Below are entries. Pull out all lines containing "which".

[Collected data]
· · · · · · ·

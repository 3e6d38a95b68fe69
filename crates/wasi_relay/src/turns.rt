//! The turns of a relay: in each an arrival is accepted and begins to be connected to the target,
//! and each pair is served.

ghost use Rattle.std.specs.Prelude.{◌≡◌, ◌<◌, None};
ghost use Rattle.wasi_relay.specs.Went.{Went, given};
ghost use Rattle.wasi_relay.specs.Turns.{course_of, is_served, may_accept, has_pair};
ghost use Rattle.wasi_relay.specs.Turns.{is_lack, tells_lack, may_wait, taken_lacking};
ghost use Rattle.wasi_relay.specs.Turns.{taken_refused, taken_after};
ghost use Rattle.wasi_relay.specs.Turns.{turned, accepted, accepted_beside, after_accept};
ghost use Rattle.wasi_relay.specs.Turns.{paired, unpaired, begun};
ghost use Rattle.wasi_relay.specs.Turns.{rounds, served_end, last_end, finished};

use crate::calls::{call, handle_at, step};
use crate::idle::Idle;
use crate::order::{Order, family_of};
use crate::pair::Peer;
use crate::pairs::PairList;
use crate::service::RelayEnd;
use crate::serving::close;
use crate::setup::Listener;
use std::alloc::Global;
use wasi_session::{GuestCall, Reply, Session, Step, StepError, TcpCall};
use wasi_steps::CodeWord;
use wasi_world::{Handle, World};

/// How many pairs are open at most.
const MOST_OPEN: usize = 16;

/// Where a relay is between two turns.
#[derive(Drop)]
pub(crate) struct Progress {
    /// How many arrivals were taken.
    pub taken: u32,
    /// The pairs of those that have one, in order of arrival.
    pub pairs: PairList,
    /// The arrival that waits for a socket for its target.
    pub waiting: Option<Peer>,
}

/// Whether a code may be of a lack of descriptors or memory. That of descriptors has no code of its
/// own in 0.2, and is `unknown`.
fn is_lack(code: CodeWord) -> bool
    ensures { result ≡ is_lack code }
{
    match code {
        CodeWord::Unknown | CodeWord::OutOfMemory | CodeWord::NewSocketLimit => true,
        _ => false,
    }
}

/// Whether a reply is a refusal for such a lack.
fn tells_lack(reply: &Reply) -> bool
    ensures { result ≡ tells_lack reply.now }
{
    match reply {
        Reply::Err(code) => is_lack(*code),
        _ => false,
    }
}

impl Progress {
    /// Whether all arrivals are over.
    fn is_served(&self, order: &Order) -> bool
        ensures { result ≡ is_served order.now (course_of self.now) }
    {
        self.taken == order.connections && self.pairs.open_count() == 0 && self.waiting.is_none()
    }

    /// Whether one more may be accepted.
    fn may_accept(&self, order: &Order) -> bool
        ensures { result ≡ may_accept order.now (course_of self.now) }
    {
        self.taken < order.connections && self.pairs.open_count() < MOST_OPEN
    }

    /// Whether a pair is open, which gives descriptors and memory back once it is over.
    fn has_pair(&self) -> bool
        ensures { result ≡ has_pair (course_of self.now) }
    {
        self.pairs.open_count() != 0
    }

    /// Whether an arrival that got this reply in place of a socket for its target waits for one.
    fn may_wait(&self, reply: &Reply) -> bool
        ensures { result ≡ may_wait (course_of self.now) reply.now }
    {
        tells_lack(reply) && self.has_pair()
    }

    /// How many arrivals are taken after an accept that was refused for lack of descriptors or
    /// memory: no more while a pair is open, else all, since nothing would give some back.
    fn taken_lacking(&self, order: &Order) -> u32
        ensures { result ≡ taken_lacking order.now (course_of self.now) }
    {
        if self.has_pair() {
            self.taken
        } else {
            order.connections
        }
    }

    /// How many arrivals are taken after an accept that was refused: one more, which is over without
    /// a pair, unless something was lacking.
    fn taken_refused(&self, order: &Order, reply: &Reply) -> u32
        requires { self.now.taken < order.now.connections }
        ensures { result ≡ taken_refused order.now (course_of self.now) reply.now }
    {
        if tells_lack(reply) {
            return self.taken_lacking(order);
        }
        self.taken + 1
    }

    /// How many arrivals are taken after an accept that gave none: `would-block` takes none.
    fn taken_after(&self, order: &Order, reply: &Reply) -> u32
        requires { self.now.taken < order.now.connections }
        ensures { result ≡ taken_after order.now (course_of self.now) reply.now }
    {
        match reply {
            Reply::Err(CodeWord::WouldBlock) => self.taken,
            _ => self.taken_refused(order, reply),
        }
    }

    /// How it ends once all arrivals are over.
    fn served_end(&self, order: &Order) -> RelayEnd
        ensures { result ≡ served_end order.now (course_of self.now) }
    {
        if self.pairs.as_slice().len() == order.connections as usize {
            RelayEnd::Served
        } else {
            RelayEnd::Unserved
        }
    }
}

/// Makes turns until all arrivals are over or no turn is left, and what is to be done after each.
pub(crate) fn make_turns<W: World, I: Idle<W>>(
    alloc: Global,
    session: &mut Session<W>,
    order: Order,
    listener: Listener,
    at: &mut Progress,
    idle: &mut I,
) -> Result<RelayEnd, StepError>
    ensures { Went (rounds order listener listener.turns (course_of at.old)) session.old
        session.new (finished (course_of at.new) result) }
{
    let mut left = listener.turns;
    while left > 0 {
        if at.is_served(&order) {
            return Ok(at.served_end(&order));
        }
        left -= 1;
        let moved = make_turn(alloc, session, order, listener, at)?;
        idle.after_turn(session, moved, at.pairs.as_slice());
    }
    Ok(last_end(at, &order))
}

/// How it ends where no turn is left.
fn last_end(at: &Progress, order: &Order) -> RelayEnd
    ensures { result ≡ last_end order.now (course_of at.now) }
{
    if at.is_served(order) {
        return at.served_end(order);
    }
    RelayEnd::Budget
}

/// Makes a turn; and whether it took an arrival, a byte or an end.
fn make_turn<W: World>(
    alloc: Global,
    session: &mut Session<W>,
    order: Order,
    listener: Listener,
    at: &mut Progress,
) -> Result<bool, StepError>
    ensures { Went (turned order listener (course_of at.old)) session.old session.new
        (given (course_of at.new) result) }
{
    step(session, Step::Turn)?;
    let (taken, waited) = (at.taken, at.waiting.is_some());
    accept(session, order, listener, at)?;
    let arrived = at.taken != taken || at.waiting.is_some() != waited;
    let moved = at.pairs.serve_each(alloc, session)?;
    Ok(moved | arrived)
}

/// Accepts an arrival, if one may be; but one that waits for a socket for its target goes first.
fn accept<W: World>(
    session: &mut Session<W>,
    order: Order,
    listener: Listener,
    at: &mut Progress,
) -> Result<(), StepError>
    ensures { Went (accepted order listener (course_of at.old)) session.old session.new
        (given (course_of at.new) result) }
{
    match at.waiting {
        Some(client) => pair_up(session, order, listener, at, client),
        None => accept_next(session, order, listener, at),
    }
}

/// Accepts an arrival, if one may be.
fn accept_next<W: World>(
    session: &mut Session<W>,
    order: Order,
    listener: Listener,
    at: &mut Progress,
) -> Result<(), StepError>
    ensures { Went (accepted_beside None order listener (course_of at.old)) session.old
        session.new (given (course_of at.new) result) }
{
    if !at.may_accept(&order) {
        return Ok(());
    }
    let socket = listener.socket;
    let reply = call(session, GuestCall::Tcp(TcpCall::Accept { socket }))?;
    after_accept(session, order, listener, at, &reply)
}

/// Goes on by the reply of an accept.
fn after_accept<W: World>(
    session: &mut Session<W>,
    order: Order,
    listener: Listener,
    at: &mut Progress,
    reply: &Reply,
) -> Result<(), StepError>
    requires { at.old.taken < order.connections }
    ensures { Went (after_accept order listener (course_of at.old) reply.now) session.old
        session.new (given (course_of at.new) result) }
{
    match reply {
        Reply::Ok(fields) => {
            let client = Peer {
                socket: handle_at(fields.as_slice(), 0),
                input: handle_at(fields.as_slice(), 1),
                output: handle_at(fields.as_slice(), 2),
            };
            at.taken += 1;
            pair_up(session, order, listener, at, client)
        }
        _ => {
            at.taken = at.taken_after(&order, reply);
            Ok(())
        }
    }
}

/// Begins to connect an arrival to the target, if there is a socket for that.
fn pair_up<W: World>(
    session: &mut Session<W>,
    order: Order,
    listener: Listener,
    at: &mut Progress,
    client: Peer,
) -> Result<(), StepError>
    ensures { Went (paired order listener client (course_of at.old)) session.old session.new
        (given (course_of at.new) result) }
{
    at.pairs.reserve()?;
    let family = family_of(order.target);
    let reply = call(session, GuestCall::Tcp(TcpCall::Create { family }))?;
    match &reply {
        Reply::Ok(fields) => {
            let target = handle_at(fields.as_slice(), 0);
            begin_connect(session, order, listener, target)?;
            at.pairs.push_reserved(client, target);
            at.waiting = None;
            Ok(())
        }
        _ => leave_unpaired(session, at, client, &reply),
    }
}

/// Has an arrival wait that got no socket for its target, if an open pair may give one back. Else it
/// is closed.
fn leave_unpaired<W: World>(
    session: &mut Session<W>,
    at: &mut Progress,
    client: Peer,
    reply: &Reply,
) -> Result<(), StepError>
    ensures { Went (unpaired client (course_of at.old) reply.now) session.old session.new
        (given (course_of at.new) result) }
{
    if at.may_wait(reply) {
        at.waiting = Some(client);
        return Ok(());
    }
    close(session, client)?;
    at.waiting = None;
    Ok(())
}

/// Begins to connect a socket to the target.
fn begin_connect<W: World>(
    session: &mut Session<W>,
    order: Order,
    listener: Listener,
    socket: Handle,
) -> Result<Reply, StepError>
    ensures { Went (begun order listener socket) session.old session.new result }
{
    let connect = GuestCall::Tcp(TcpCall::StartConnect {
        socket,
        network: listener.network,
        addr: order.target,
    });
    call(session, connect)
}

· · · · · · ·

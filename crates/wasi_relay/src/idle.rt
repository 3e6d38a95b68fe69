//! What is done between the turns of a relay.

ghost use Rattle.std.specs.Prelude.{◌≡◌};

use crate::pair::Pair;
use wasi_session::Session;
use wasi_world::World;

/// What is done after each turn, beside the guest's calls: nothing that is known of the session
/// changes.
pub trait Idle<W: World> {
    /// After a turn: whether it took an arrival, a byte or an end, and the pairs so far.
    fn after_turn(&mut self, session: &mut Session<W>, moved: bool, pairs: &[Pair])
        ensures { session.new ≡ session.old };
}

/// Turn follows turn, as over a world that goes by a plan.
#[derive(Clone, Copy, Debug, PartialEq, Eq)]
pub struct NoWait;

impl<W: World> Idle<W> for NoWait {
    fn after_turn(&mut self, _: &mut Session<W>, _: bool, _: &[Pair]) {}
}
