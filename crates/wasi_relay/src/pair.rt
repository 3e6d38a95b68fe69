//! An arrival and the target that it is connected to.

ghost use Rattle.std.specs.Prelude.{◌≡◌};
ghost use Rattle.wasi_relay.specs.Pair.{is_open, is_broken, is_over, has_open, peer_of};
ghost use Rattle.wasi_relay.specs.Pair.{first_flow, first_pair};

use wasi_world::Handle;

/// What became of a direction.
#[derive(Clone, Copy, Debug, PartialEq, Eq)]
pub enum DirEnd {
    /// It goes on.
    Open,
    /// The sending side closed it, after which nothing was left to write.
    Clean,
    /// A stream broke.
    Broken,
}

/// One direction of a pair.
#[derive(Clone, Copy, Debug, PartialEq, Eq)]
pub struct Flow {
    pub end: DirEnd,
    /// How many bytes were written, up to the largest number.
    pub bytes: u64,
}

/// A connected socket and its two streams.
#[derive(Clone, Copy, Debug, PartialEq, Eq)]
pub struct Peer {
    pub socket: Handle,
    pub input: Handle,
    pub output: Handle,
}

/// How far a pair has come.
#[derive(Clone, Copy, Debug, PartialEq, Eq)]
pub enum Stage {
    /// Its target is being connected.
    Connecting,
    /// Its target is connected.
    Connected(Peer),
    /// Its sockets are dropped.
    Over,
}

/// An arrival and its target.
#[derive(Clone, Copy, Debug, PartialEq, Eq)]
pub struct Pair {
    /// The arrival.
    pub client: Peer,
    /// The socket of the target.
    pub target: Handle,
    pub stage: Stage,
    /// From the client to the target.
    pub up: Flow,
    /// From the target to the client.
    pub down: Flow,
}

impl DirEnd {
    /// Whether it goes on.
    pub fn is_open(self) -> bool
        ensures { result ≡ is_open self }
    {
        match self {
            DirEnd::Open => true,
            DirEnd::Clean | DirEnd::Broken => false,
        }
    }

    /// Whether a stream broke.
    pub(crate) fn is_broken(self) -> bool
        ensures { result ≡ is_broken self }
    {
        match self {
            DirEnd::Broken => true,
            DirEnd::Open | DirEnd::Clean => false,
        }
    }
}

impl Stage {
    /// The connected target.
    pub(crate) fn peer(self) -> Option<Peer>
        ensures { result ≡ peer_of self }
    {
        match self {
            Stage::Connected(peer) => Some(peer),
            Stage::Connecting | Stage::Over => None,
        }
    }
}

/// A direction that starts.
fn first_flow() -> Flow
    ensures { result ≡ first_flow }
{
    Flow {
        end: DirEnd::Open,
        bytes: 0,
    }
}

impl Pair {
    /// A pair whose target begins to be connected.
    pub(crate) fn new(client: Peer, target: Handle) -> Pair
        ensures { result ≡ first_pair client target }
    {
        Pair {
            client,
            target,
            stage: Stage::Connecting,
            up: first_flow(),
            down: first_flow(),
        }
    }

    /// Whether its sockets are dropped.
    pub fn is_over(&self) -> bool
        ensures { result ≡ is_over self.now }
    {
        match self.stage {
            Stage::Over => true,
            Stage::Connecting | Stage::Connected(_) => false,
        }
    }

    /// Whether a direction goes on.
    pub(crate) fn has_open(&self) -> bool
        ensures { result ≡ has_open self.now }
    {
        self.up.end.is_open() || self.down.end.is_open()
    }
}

· · · · · · ·

WRITTEN REPLY:
    /// Whether a pair is open, which gives descriptors and memory back once it is over.
    /// How many arrivals are taken after an accept that was refused: one more, which is over without
    /// The sending side closed it, after which nothing was left to write.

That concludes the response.